Slum77 has made a comment, and he says, “Jacob how can repetitive exercise like jump roping or rim jumps…it doesn’t work your maximum vertical.”
Okay, it’s kinda…his question is basically even though want to face that way, how can repetitive exercises like jump roping or rim jumps increase your vertical? Because it doesn’t work your max from vertical.
So there are a few ways. One, if you watched my previous video called jump roping and increasing your vertical leap, you’ll notice that I recommended extremely high intensity jump roping, doing double-under s and moving on to double-unders with one leg, which will increase your strength and will be at a very high intensity and would also strengthen two things. So repetitive work can also strengthen two things, although most of our workers focus on maximum intensity and even our jump roping is focused on maximum intensity because we’re lowering the ground contact time.
But extremely repetitive work can enforce a neural signal, and neural signal is the movement. Now when you’re jump roping your ground contact time is extremely low. So the signal is boom, boom, boom, boom, it’s very fast. And because it’s very repetitive, it will teach the body to be a little bit faster.
That’s it. We still wanna do as high repetition as possible without pacing our self. We don’t jump rope say a minute or 5 minutes, just go, go, go, we’re jump roping at our absolute maximum velocity.

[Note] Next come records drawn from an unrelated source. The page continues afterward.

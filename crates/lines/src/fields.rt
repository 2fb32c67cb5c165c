// The words of a line: the first of them, and what one says that is no plain number.
ghost use Rattle.std.specs.Prelude.{◌≡◌};
ghost use Rattle.lines.specs.Reading.{first_word, after_word, kind_word, valid_word};

use crate::numbers::number;
use listing::kinds::input_word;

// The bytes before the first space, and those after it.
pub fn first_word(line: &[u8]) -> (&[u8], &[u8])
    ensures word { result.0.now ≡ first_word line.now }
    ensures rest { result.1.now ≡ after_word line.now }
{
    match line.iter().position(|byte| *byte == b' ') {
        Some(at) => (&line[..at], &line[at + 1..]),
        None => (line, &[]),
    }
}

// A valid round, in its plus-one form.
#[tactic(auto, using(crate::proofs::Words::same_decided), unfolding(crate::specs::Reading::valid_word))]
pub fn valid(word: &[u8]) -> Option<u8>
    ensures { result ≡ valid_word word.now }
{
    if word == b"-1".as_slice() {
        return Some(0);
    }
    let round = number(word, 254)?;
    Some(round as u8 + 1)
}

// The kind of an input, by its word: the number that `kind_word` gives and an input has.
#[tactic(auto, using(crate::proofs::Words::same_decided, crate::proofs::Line::kind_none))]
pub fn kind(word: &[u8]) -> Option<u8>
    ensures { result ≡ kind_word word.now }
{
    for kind in 1..=7 {
        if word == input_word(u64::from(kind)) {
            return Some(kind);
        }
    }
    None
}
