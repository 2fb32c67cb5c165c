// A word as a number in decimal, as the lister writes it: no sign, no zero in front.
ghost use Rattle.std.specs.Prelude.{◌≤◌, ◌≡◌};
ghost use Rattle.lines.specs.Reading.{number_word, most_8};
ghost use Rattle.lines.specs.InContracts.Digits.{digits_word, plain};

// The number that a word of digits says, up to `most`. By hand: `parse` takes a sign too, and its bound is the type's.
#[tactic(auto, using(crate::proofs::Decimals::digits_done))]
fn digits(word: &[u8], most: u64) -> Option<u64>
    requires { 9 ≤ most }
    ensures { result ≡ digits_word most word.now }
{
    let mut value: u64 = 0;
    for byte in word {
        if !byte.is_ascii_digit() {
            return None;
        }
        let digit = u64::from(*byte - b'0');
        if (most - digit) / 10 < value {
            return None;
        }
        value = 10 * value + digit;
    }
    Some(value)
}

// Not empty, and with no zero before another digit.
#[tactic(auto, using(crate::proofs::Decimals::plain_empty, crate::proofs::Decimals::plain_one, crate::proofs::Decimals::plain_more))]
fn is_plain(word: &[u8]) -> bool
    ensures { result ≡ plain word.now }
{
    match word {
        [] => false,
        [_] => true,
        [first, ..] => *first != b'0',
    }
}

// The number that is written as this word is, up to `most`.
#[tactic(auto, using(crate::proofs::Decimals::number_plain, crate::proofs::Decimals::number_not_plain))]
pub fn number(word: &[u8], most: u64) -> Option<u64>
    requires { 9 ≤ most }
    ensures { result ≡ number_word most word.now }
{
    if is_plain(word) {
        digits(word, most)
    } else {
        None
    }
}

// A number of one byte.
pub fn byte(word: &[u8]) -> Option<u8>
    ensures { result ≡ number_word most_8 word.now }
{
    let value = number(word, 255)?;
    Some(value as u8)
}
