// A mark for each row of qnames, made once: the walk over the events then looks up no class and compares no text.
#![tactic(auto)]

ghost use Rattle.std.specs.Prelude.{◌≡◌, ◌||◌, ℕ, ◌≤◌, ◌<◌, length, take};
ghost use Rattle.sequences.specs.Lists.{same};
ghost use Rattle.meaning.specs.Meaning.{xmlns};
ghost use Rattle.marks.specs.Names.{pair_of, PairFits, Named, declares_at, xmlns_colon, largest_pair};
ghost use Rattle.marks.specs.Marks.{mark_of, MarksOf};
ghost use Rattle.token.specs.Tokens.{qname_rows};

// Added to the mark of a qname that declares a prefix.
pub const DECLARING: u32 = 2147483648;

// The text is "xmlns" or starts "xmlns:".
fn is_xmlns(text: &[u8]) -> bool
    ensures { result ≡ (same text.now xmlns || same (take 12 text.now) xmlns_colon) }
{
    text == b"x\0m\0l\0n\0s\0".as_slice() || text.starts_with(b"x\0m\0l\0n\0s\0:\0")
}

// A document and the tables of its names: so many rows of names and their classes, and qnames.
#[derive(Drop)]
struct Tables<'a> {
    doc: &'a [u8],
    names: &'a [u32],
    qnames: &'a [u32],
    classes: &'a [u32; token::NAME_ROWS],
    rows: usize,
}

impl Tables<'_> {
    // The classes of URI and local of a row of qnames as one number.
    fn pair_at(&self, row: usize) -> u32
        requires { PairFits self.now.qnames.now self.now.classes.now row }
        ensures { (result ≡ pair_of self.now.qnames.now self.now.classes.now row) × (result ≤ largest_pair) }
    {
        let first = token::QNAME_WIDTH * (row - 1);
        let uri = classes::class_of(self.qnames, self.classes, first);
        let local = classes::class_of(self.qnames, self.classes, first + 2);
        classes::CLASSES * uri + local
    }

    // The attribute of a row of qnames declares a prefix. Classes are compared first, bytes seldom.
    fn declares_at(&self, row: usize) -> bool
        requires { Named self.now.doc.now self.now.names.now self.now.qnames.now self.now.classes.now self.now.rows row }
        ensures { result ≡ declares_at self.now.doc.now self.now.names.now self.now.qnames.now self.now.rows row }
    {
        let first = token::QNAME_WIDTH * (row - 1);
        if classes::class_of(self.qnames, self.classes, first) != 0 {
            return false;
        }
        if classes::class_of(self.qnames, self.classes, first + 2) != 0 {
            return false;
        }
        let prefix = slices::cell(self.qnames, first + 1);
        if prefix == 0 {
            return false;
        }
        let place = slices::cell(self.names, 2 * (prefix - 1));
        let units = slices::cell(self.names, 2 * (prefix - 1) + 1);
        let end = place + 2 * units;
        is_xmlns(&self.doc[place..end])
    }

    // The mark of a row: that of an opening, and 2 ^ 31 more where an attribute with this qname declares a prefix. One number holds
    // both: a struct or an enum for each row would make the table twice as large.
    fn mark_at(&self, row: usize) -> u32
        requires { Named self.now.doc.now self.now.names.now self.now.qnames.now self.now.classes.now self.now.rows row }
        ensures { (result ≡ mark_of self.now.doc.now self.now.names.now self.now.qnames.now self.now.classes.now self.now.rows row)
            × (pair_of self.now.qnames.now self.now.classes.now row ≤ largest_pair) }
    {
        let opening = meaning::FIRST_MARK + meaning::MARK_KINDS * self.pair_at(row);
        if self.declares_at(row) {
            return opening + DECLARING;
        }
        opening
    }
}

// The marks of the first `qrows` rows of qnames.
pub fn fill(
    doc: &[u8],
    names: &[u32],
    qnames: &[u32],
    classes: &[u32; token::NAME_ROWS],
    rows: usize,
    qrows: usize,
    marks: &mut [u32; token::QNAME_ROWS],
)
    requires { (qrows ≤ qname_rows) × (length marks.old ≡ qname_rows)
        × ((row : ℕ) → 1 ≤ row → row ≤ qrows → Named doc.now names.now qnames.now classes.now rows row) }
    ensures { MarksOf doc.now names.now qnames.now classes.now rows qrows marks.new }
{
    let tables = Tables {
        doc,
        names,
        qnames,
        classes,
        rows,
    };
    for k in 0..qrows {
        marks[k] = tables.mark_at(k + 1);
    }
}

So even though, so basically the way I recommended to jump rope is with maximum intensity. And so rim jumps maximum intensity. If you’re jumping more than 8 to ten, if you having pacing yourself like I said in the previous video, that’s the time when you’re not using your maximum vertical. So jump roping and rim jumps should be at your maximum velocity.
But also to answer your question, some repetitive movements can help strengthen your tendons and can also help reinforce or enforce our neural signals or movement pattern.